Von den vier Romanen Flauberts – Madame Bovary, Salambo, Bouvard und Pecuchet sowie der Educatin sentimentale – trägt er keinen Personennamen, will dagegen eine männliche Jugend zwischen 1840 und 1851 in Frankreich abbilden unter intensiver Einbeziehung der historischen Umstände, vor allem der „Revolution“ von 1848. Es muss die sprachliche Eleganz Elisabeth Edls sein, die den Text gänzlich unromantisch, dagegen sehr straff, knapp, ungezügelt mit seufzender Ironie und kopfschüttelnden Pointen dahinstürmen lässt.
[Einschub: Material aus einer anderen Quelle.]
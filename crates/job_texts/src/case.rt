// A case: the lines that describe a tree, and then the tree.
use crate::job::do_job;
use case_texts::{Cases, Nodes, Wrong, say_value};
use std::alloc::Global;
use std::mem::replace;
use tree_model::{MemTree, MirrorError, Unnamed};

/// The nodes of a tree, as far as they were read; from the first job on a tree, or why the nodes make none.
#[derive(Drop)]
pub enum Case {
    Lines(Nodes),
    Tree(MemTree<Unnamed>),
    NoTree(MirrorError),
}

impl Cases for Case {
    fn begin(&mut self, alloc: Global) -> Result<(), Wrong> {
        *self = Case::new(alloc);
        Ok(())
    }

    fn take(
        &mut self,
        alloc: Global,
        out: &mut String,
        word: &str,
        rest: &str,
    ) -> Result<(), Wrong> {
        if let "job" = word {
            *self = made(alloc, replace(self, Case::new(alloc)))?;
            return self.preprocess(alloc, out, rest);
        }
        self.describe(alloc, word, rest)
    }
}

impl Case {
    pub fn new(alloc: Global) -> Case {
        Case::Lines(Nodes::new(alloc))
    }

    fn describe(&mut self, alloc: Global, word: &str, rest: &str) -> Result<(), Wrong> {
        match self {
            Case::Lines(nodes) => nodes.take(alloc, word, rest),
            _ => Err(Wrong::Form("only jobs stand behind the first one")),
        }
    }

    fn preprocess(&mut self, alloc: Global, out: &mut String, rest: &str) -> Result<(), Wrong> {
        match self {
            Case::Tree(tree) => do_job(alloc, out, tree, rest),
            Case::NoTree(error) => say_value(out, "no tree:", error),
            Case::Lines(_) => Err(Wrong::Form("no tree for this")),
        }
    }
}

// The case with its tree.
fn made(alloc: Global, case: Case) -> Result<Case, Wrong> {
    let nodes = match case {
        Case::Lines(nodes) => nodes,
        made => return Ok(made),
    };
    match MemTree::new(alloc, nodes.into_entries(alloc)?, Vec::new(alloc)) {
        Ok(tree) => Ok(Case::Tree(tree)),
        Err(error) => Ok(Case::NoTree(error)),
    }
}
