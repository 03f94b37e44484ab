//! The program: preprocesses jobs over trees of files, and prints the outcome of each. `HELP` says how a case is written.
#![tactic(auto)]

mod case;
mod job;

use case::Case;
use case_texts::{WordLines, run_program};
use std::process::ExitCode;

const HELP: &str = "usage: job_texts < CASES

Prints each line of the cases, and behind a job what preprocessing it gives, in
lines that begin with `>`. A case is a tree of files and the jobs over it, and
ends at an empty line. What begins with `#` is a comment.

The tree, its nodes in order of the bytes of their paths:
  file PATH                   a file, and the directories above it that aren't
                              there yet
  | TEXT                      a line of the file, as it stands
  = BYTES                     bytes of the file, with no line feed behind them
  * TIMES BYTES               the same, so many times
  dir PATH                    a directory
  link PATH TEXT              a symbolic link

A job:
  job DIR WORD..              the text of the job of these compile words in a
                              directory, or its diagnostic, or why the words
                              are no job; words are BYTES

BYTES are written with the escapes \\\\, \\n, \\t, \\0 and \\xNN, and so are what
stands behind `>=` and a diagnostic.

status: 0, 2 wrong words or a line out of form, 4 a failed read or write, 5 out
of memory";

fn main(rt: HostRuntime) -> ExitCode {
    run_program(
        &rt,
        "job_texts",
        HELP,
        &mut WordLines(Case::new(rt.alloc())),
    )
}
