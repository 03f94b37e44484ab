// Jobs and their outcomes.
use base_types::{Bytes, List};
use case_texts::{Wrong, bytes_of, say, say_lines, say_value};
use daemon_cpp::{Outcome, preprocess};
use job_words::{Job, read_words};
use std::alloc::Global;
use tree_model::Tree;

/// Preprocesses the job of a working directory and compile words.
pub fn do_job<T: Tree>(
    alloc: Global,
    out: &mut String,
    tree: &mut T,
    rest: &str,
) -> Result<(), Wrong> {
    let (dir, words) = rest.split_once(' ').unwrap_or((rest, ""));
    let words = list_of(alloc, words)?;
    match read_words(alloc, dir.as_bytes(), words.as_slice()) {
        Ok(job) => say_outcome(alloc, out, tree, &job),
        Err(error) => say_value(out, "refused", &error),
    }
}

fn list_of(alloc: Global, words: &str) -> Result<List<Bytes>, Wrong> {
    let mut list = List::new(alloc);
    for word in words.split_whitespace() {
        list.push(Bytes::copy_of(alloc, &bytes_of(alloc, word)?)?)?;
    }
    Ok(list)
}

fn say_outcome<T: Tree>(
    alloc: Global,
    out: &mut String,
    tree: &mut T,
    job: &Job,
) -> Result<(), Wrong> {
    match preprocess(alloc, tree, job) {
        Ok(Outcome::Text(text)) => say_lines(out, "text", text.as_slice()),
        Ok(Outcome::Diag(words)) => say(out, "diag", words.as_slice()),
        Err(error) => say_value(out, "error", &error),
    }
}
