// The host of one word.
ghost use Rattle.std.specs.Prelude.{◌≡◌, ◌≤◌, ◌<◌, ◌⊎◌, ◌^◌, ℕ, Ok, Err, length, drop, IfOk, IfErr, IfSome};
ghost use Rattle.std.specs.List.{list_all, list_any, slice_split, position_or_len};
ghost use Rattle.base_types.specs.Limits.{slot_limit};
ghost use Rattle.host_slots.specs.Hosts.{host_of, host_with_name, is_host_name, is_host_name_byte, is_digit, is_option, are_options, is_one_of, number_behind_mark, rest_at, number_in, default_limit};
ghost use Rattle.host_slots.specs.Slots.{HasSlots};

use crate::HostError;
use crate::number::{is_digit, number_in};
use base_types::Bytes;
use base_types::limits::SLOT_LIMIT;
use io_edges::Host;
use std::alloc::Global;

// The port of distcc.
const PORT: u32 = 3632;

// The greatest port.
const PORT_LIMIT: u32 = 65_535;

// The slots of the own machine, and of any other host, where a word doesn't say how many.
const OWN_SLOTS: u32 = 2;

const SLOTS: u32 = 4;

// The greatest length of a name, in bytes.
const NAME_LIMIT: usize = 255;

// The host of a word.
#[tactic(auto, unfolding(crate::specs::Hosts::host_of))]
pub fn host_of(alloc: Global, word: &[u8]) -> Result<Host, HostError>
    ensures host { IfOk result (λ host. host_of word.now ≡ Ok host) }
    ensures slots { IfOk result HasSlots }
    ensures why { IfErr result (λ e. (e ≡ HostError.Memory) ⊎ (host_of word.now ≡ Err e)) }
{
    let (name, rest) = word.split_at(end_of(word, b":/,"));
    host_with_name(alloc, name, rest)
}

// The host of a word with this name, and this behind it.
fn host_with_name(alloc: Global, name: &[u8], rest: &[u8]) -> Result<Host, HostError>
    ensures host { IfOk result (λ host. host_with_name name.now rest.now ≡ Ok host) }
    ensures slots { IfOk result HasSlots }
    ensures why { IfErr result (λ e. (e ≡ HostError.Memory) ⊎ (host_with_name name.now rest.now ≡ Err e)) }
{
    if !is_host_name(name) {
        return Err(HostError::Name);
    }
    let Some(port) = number_at(rest, b':', b"/,", PORT, PORT_LIMIT) else {
        return Err(HostError::Port);
    };
    let rest = rest_at(rest, b':', b"/,");
    let Some(limit) = number_at(rest, b'/', b",", default_limit(name), SLOT_LIMIT) else {
        return Err(HostError::Limit);
    };
    if !are_options(rest_at(rest, b'/', b",")) {
        return Err(HostError::Option);
    }
    Ok(Host {
        name: Bytes::copy_of(alloc, name)?,
        port: port as u16,
        limit,
    })
}

// Where the first of these bytes stands, or the length where there is none.
fn end_of(text: &[u8], ends: &[u8]) -> usize
    ensures place { result ≡ position_or_len (is_one_of ends.now) text.now }
    ensures within { result ≤ length text.now }
{
    text.iter().take_while(|b| !is_one_of(**b, ends)).count()
}

fn is_one_of(b: u8, marks: &[u8]) -> bool
    ensures { result ≡ is_one_of marks.now b }
{
    marks.iter().any(|mark| b == *mark)
}

#[tactic(auto, using(std::proofs::lemmas::Bool::Decides::nat_tests), unfolding(crate::specs::Hosts::is_host_name))]
fn is_host_name(name: &[u8]) -> bool
    ensures { result ≡ is_host_name name.now }
{
    let length = name.len();
    1 <= length && (length <= NAME_LIMIT && has_name_bytes(name))
}

fn has_name_bytes(name: &[u8]) -> bool
    ensures { result ≡ list_all is_host_name_byte name.now }
{
    name.iter().all(|b| is_name_byte(*b))
}

fn is_name_byte(b: u8) -> bool
    ensures { result ≡ is_host_name_byte b }
{
    (b'a' <= b && b <= b'z')
        || ((b'A' <= b && b <= b'Z') || (is_digit(b) || (b'-' <= b && b <= b'.')))
}

// The slots of a host whose word doesn't say how many: two on the own machine, else four.
fn default_limit(name: &[u8]) -> u32
    ensures default { result ≡ default_limit name.now }
    ensures some { (1 ≤ result) × (result ≤ slot_limit) }
{
    if name == b"localhost".as_slice() {
        OWN_SLOTS
    } else {
        SLOTS
    }
}

// The number behind a mark, up to a byte that ends it, or the default where the mark isn't there.
fn number_at(text: &[u8], mark: u8, ends: &[u8], default: u32, most: u32) -> Option<u32>
    requires default { (1 ≤ default) × (default ≤ most) }
    requires most { most ≤ 65535 }
    ensures number { result ≡ number_behind_mark mark ends.now default most text.now }
    ensures within { IfSome result (λ n. (1 ≤ n) × (n ≤ most)) }
{
    match text {
        [first, rest @ ..] if *first == mark => number_in(&rest[..end_of(rest, ends)], most),
        _ => Some(default),
    }
}

// What stands behind that number.
fn rest_at<'a>(text: &'a [u8], mark: u8, ends: &[u8]) -> &'a [u8]
    ensures { result.now ≡ rest_at mark ends.now text.now }
{
    match text {
        [first, rest @ ..] if *first == mark => &rest[end_of(rest, ends)..],
        _ => text,
    }
}

// Nothing, or options with a `,` in front of each.
fn are_options(text: &[u8]) -> bool
    ensures { result ≡ are_options text.now }
{
    match text {
        [_, options @ ..] => options
            .split(|b| *b == b',')
            .all(|option| is_option(option)),
        [] => true,
    }
}

fn is_option(text: &[u8]) -> bool
    ensures { result ≡ is_option text.now }
{
    text == b"cpp".as_slice() || text == b"lzo".as_slice()
}
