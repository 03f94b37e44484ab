// Decimal numbers.
ghost use Rattle.std.specs.Prelude.{◌≡◌, ◌≤◌, Option, Some, None, IfSome};
ghost use Rattle.host_slots.specs.Hosts.{is_digit, number_in};
ghost use Rattle.host_slots.specs.parts.Numbers.{number_behind, digit_behind};

// The number that a text spells; None where it spells no number from 1 to the limit, or has a zero in front.
#[tactic(auto, unfolding(crate::specs::Hosts::number_in))]
pub fn number_in(text: &[u8], most: u32) -> Option<u32>
    requires { most ≤ 65535 }
    ensures number { result ≡ number_in most text.now }
    ensures within { IfSome result (λ n. (1 ≤ n) × (n ≤ most)) }
{
    match text {
        [first, rest @ ..] if *first != b'0' => {
            let first = digit_behind(0, *first, most)?;
            number_behind(first, rest, most)
        }
        _ => None,
    }
}

// The number that digits spell behind those of n.
fn number_behind(n: u32, digits: &[u8], most: u32) -> Option<u32>
    requires n { n ≤ most }
    requires most { most ≤ 65535 }
    ensures number { result ≡ number_behind most n digits.now }
    ensures later { IfSome result (λ m. (n ≤ m) × (m ≤ most)) }
{
    let mut n = n;
    for b in digits {
        n = digit_behind(n, *b, most)?;
    }
    Some(n)
}

// A number with a digit more; None where that is no digit, or the number is above the limit.
fn digit_behind(n: u32, b: u8, most: u32) -> Option<u32>
    requires n { n ≤ most }
    requires most { most ≤ 65535 }
    ensures number { result ≡ digit_behind most n b }
    ensures later { IfSome result (λ m. (n ≤ m) × (m ≤ most)) }
{
    if !is_digit(b) {
        return None;
    }
    let more = n * 10 + (b - b'0') as u32;
    if more <= most { Some(more) } else { None }
}

pub fn is_digit(b: u8) -> bool
    ensures { result ≡ is_digit b }
{
    b'0' <= b && b <= b'9'
}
Henry James, ein großer Erzähler, fragt mit vollem Recht angesichts der Lektüre: „Why, why him?“. Die Hauptperson Frederic Moreau ist ein verwöhnte Jüngling, „der sein Liebesglück aus Tölpelei und Charakterlosigkeit zuverlässig vermasselt“, so noch heute eine verärgerte kritische Stimme, „eine lasche Lusche“. Die gnadenlose Schärfe, das illusionslose Spiegelbild, die gallige Verachtung, mit der Flaubert seine Zeit sieht und das bewundernswerte Ensemble seiner Figuren reden lässt, lässt keine Unterbrechung beim Lesen zu! Der Roman verlangt, wie sein späterer Kollege Marcel Proust forderte, „Tage des Lesens.“
Mit den Anmerkungen – 150 Seiten – ließe sich ein Romanistik-Studium gut beginnen. Selbst wer den Roman im Regal steht hat, wird einem völlig neuen Buch begegnen, nämlich den „Lehrjahren der Männlichkeit“, die literarischste Didaktik des 19. Jahrhunderts – stilvoll, einsichtsreich, sehscharf, antiromantisch, aufgeklärt, mitleidlos und liebevoll zugleich. Die „Lehrjahre“ können zum „Lehrlesen“ werden.